Problem description →
From the data below, return all lines holding the string "which".

Given data →
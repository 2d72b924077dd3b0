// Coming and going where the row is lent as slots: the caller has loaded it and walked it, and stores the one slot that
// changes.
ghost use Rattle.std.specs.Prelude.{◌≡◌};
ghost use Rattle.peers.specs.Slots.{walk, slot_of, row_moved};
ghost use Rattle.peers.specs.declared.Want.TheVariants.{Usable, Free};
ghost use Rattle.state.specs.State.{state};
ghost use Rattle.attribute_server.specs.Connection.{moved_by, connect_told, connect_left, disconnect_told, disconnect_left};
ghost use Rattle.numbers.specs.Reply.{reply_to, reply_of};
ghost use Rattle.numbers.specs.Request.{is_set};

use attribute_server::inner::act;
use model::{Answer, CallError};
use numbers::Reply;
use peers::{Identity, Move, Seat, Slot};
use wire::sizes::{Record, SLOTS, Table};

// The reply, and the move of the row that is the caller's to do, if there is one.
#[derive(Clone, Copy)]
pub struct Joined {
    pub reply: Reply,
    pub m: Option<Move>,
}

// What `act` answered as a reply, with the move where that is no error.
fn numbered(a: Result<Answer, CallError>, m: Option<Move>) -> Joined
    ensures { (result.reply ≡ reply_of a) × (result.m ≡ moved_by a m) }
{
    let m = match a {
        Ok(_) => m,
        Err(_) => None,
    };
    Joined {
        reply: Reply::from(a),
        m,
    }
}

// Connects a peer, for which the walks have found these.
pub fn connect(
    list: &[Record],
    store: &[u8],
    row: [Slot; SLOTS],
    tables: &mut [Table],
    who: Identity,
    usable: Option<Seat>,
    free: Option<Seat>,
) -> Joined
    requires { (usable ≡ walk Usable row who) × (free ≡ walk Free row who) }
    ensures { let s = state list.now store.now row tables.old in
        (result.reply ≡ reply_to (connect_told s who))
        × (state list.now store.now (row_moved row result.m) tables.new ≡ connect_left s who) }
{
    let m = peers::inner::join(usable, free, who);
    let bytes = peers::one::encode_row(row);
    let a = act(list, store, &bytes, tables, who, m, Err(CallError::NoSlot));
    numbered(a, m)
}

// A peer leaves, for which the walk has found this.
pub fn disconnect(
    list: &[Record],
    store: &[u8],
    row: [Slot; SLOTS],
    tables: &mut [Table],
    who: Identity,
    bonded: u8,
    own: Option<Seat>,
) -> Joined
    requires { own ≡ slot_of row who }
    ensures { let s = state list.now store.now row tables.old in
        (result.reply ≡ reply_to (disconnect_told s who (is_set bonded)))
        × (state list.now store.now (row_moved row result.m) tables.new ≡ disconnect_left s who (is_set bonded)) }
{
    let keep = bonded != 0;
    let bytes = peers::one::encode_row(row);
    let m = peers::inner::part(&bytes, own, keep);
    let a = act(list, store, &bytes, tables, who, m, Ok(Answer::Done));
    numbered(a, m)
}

...

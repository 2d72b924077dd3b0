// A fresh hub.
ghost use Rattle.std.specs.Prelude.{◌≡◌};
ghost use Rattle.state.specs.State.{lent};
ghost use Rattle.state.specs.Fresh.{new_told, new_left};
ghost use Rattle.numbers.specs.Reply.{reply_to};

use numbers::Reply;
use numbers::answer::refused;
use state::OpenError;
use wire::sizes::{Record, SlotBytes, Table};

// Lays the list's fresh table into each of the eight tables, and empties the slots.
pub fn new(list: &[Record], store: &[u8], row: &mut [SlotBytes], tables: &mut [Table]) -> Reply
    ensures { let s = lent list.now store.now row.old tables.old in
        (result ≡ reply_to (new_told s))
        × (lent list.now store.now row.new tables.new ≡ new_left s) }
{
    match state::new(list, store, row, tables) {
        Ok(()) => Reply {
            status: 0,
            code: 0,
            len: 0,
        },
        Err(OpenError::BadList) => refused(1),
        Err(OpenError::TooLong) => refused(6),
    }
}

* * *

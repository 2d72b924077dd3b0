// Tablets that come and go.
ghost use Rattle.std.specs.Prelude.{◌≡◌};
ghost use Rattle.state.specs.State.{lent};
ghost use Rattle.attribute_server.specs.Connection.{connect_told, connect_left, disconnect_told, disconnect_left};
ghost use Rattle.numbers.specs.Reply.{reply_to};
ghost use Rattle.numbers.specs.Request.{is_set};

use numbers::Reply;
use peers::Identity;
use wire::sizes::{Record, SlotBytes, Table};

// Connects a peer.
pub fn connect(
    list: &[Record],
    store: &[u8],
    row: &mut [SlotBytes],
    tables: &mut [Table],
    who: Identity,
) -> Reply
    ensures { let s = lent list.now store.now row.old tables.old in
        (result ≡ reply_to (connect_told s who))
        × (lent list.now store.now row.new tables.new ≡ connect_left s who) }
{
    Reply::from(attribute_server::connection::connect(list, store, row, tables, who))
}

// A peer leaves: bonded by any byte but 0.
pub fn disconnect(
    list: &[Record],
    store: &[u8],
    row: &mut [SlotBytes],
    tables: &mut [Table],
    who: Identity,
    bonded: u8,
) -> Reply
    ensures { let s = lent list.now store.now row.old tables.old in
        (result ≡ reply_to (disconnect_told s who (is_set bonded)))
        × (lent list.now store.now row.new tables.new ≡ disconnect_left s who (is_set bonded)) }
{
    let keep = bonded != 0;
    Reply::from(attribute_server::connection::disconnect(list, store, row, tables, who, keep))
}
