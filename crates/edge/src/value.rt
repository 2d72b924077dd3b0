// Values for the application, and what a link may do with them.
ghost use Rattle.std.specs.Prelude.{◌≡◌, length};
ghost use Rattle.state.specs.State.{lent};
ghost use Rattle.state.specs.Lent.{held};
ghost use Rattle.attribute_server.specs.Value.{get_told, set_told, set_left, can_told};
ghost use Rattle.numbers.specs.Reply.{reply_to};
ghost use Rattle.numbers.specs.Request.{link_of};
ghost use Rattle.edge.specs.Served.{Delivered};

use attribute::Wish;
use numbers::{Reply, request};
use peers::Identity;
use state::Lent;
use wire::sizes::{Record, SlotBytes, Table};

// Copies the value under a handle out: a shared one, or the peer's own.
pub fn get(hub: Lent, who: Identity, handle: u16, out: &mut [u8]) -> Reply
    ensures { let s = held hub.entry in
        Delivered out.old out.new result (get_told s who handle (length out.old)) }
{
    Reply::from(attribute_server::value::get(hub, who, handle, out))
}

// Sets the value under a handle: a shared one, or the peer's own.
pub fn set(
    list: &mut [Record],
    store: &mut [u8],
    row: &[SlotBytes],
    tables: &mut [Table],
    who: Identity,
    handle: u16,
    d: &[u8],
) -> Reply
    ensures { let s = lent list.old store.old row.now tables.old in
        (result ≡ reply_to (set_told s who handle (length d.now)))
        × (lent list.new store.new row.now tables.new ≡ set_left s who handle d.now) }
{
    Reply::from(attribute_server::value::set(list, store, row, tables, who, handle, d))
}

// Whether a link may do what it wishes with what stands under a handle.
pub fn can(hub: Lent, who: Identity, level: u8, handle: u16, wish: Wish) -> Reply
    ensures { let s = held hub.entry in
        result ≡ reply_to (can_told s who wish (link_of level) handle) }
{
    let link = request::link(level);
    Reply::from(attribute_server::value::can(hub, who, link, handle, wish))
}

Reply to the exercise →
// Connects a peer, for which the walks have found these.
// A peer leaves, for which the walk has found this.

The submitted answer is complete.